Records from a data collection:
==========

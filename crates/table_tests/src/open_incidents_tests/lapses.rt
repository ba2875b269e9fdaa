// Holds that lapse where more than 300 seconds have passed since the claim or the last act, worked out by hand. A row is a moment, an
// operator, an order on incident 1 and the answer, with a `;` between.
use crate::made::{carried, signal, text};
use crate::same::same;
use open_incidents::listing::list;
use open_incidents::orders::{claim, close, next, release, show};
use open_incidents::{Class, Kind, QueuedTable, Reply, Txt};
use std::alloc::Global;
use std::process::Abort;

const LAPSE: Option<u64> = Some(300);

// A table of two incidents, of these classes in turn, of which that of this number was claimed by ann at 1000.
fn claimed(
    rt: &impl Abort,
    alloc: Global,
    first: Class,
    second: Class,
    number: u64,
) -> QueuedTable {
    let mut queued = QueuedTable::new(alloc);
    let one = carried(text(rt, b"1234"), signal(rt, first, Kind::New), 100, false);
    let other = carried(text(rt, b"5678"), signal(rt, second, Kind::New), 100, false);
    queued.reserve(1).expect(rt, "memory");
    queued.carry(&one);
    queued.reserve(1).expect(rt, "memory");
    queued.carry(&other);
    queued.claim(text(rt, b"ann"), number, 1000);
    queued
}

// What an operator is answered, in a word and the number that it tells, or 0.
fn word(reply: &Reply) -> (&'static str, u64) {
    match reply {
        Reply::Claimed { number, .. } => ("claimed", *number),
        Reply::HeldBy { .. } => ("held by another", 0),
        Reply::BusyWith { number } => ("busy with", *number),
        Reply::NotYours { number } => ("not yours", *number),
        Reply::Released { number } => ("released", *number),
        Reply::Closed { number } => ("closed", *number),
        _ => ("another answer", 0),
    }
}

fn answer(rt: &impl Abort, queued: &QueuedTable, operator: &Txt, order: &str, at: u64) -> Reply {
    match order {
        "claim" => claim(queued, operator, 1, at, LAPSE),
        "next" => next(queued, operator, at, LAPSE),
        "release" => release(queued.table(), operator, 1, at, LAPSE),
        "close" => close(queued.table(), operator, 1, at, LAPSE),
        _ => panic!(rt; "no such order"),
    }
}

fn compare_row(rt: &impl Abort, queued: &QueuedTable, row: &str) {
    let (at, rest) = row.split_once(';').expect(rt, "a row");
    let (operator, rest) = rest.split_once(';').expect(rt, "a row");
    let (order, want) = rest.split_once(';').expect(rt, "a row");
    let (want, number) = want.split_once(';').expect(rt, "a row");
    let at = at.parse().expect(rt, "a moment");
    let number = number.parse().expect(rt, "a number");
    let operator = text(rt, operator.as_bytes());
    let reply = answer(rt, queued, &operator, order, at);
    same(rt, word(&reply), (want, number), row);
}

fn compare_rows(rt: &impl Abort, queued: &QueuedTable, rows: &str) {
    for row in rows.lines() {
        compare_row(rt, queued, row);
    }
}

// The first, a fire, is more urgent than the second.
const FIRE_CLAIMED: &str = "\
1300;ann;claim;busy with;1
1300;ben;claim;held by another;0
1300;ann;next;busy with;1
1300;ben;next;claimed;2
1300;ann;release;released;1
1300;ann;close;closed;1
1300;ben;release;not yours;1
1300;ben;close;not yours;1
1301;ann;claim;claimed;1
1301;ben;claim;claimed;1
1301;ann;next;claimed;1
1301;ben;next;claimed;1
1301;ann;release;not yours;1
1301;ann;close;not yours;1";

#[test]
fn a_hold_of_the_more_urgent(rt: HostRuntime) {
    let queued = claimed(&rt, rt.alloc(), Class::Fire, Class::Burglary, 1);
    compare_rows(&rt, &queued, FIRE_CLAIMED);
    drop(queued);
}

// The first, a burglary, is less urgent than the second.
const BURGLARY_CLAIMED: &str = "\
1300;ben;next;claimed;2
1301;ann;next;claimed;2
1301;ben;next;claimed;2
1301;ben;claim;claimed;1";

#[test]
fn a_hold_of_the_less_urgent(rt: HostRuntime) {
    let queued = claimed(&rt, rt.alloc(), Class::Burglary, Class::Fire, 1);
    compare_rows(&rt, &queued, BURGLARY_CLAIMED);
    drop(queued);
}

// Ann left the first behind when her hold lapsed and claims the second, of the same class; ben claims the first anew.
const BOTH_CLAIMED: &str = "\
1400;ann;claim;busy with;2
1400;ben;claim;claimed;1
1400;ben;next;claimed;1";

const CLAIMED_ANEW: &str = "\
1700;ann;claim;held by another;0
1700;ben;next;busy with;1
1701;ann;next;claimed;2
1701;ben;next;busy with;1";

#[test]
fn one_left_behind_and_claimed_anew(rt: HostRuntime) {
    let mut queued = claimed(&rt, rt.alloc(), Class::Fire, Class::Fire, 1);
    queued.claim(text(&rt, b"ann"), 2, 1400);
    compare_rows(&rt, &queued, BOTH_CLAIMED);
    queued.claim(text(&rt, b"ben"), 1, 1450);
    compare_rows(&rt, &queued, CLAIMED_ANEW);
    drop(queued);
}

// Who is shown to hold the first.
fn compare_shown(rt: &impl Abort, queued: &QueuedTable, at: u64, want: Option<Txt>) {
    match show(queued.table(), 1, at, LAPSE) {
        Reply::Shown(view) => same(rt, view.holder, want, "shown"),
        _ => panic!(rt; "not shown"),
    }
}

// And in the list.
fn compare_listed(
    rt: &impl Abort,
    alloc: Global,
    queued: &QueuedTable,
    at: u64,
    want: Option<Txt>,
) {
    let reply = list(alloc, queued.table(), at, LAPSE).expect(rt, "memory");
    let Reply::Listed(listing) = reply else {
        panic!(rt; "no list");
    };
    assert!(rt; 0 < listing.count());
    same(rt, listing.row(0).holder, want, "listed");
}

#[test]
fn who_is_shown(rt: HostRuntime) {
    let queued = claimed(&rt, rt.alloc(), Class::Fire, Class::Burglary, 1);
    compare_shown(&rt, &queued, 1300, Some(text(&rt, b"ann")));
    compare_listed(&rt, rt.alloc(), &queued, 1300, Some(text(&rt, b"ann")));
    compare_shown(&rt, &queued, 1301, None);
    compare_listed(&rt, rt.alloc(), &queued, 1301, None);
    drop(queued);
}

==========

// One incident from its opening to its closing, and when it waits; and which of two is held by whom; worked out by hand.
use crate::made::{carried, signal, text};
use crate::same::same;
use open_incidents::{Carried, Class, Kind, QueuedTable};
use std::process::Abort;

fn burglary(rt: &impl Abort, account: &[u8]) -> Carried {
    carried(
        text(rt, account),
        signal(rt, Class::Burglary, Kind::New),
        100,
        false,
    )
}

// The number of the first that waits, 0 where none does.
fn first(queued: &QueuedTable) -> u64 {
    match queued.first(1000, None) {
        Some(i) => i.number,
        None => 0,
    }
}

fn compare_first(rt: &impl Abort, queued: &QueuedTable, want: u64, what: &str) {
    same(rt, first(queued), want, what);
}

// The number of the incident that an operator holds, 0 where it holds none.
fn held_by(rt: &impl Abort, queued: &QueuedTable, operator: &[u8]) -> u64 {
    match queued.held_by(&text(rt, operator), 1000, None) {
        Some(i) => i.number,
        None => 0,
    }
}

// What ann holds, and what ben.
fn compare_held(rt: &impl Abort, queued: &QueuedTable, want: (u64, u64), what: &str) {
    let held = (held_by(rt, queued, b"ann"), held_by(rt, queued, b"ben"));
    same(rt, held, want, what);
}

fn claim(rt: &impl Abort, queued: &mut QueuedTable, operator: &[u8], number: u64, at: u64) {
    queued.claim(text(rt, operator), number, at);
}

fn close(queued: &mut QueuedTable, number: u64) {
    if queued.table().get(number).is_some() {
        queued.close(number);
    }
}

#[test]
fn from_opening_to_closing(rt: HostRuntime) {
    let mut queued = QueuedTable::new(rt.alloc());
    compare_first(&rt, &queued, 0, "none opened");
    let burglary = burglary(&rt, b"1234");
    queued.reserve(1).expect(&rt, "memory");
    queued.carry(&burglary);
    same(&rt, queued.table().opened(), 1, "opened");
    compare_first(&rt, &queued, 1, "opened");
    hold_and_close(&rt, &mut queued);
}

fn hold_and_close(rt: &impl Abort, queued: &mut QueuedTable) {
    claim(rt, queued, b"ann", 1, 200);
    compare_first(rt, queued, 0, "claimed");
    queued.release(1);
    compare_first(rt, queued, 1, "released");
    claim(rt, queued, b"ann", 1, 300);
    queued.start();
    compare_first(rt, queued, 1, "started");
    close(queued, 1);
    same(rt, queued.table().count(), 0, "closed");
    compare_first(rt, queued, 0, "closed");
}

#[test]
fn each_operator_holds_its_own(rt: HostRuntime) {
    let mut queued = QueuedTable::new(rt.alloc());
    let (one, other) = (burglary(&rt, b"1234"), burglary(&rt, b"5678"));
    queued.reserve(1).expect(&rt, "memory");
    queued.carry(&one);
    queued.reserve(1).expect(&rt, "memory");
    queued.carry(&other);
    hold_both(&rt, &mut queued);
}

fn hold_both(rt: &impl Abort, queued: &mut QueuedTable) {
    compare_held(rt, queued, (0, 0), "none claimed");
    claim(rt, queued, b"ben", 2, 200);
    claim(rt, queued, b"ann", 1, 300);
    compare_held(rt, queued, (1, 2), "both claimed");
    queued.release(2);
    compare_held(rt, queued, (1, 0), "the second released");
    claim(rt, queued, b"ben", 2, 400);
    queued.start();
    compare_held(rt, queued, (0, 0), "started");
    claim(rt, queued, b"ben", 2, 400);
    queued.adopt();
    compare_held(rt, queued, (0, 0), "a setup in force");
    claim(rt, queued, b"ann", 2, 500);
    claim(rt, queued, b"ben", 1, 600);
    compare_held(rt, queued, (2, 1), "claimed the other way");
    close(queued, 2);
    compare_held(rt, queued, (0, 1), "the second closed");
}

==========

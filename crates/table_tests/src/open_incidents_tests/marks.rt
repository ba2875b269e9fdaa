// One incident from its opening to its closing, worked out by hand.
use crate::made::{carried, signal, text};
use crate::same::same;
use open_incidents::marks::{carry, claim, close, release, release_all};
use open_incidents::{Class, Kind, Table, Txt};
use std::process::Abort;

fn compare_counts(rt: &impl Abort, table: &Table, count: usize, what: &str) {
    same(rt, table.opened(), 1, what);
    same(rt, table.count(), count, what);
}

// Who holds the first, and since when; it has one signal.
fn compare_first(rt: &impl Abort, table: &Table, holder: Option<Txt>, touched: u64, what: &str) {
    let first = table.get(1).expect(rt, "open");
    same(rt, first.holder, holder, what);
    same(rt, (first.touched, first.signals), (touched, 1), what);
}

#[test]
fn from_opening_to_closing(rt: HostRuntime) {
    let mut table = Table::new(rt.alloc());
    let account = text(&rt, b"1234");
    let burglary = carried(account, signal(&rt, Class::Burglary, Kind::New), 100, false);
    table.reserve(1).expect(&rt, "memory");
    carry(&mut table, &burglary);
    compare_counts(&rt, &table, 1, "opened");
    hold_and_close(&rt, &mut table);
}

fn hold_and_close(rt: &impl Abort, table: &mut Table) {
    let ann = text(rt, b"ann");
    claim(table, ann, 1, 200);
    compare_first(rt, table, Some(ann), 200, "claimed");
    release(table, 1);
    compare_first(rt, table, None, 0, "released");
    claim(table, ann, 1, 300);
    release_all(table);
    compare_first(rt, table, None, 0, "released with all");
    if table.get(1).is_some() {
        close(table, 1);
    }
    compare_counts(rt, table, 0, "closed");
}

==========

▶ **What the task requires**:
Give back exactly the lines above, from the line containing "filename crates/table_tests/src/open_incidents_tests/lapses.rt" through the line containing "let mut queued = QueuedTable::new(alloc);", with both end lines and nothing more.

▶ **Result of this task**:
filename crates/table_tests/src/open_incidents_tests/lapses.rt
repository ba2875b269e9fdaa
// Holds that lapse where more than 300 seconds have passed since the claim or the last act, worked out by hand. A row is a moment, an
// operator, an order on incident 1 and the answer, with a `;` between.
use crate::made::{carried, signal, text};
use crate::same::same;
use open_incidents::listing::list;
use open_incidents::orders::{claim, close, next, release, show};
use open_incidents::{Class, Kind, QueuedTable, Reply, Txt};
use std::alloc::Global;
use std::process::Abort;

const LAPSE: Option<u64> = Some(300);

// A table of two incidents, of these classes in turn, of which that of this number was claimed by ann at 1000.
fn claimed(
    rt: &impl Abort,
    alloc: Global,
    first: Class,
    second: Class,
    number: u64,
) -> QueuedTable {
    let mut queued = QueuedTable::new(alloc);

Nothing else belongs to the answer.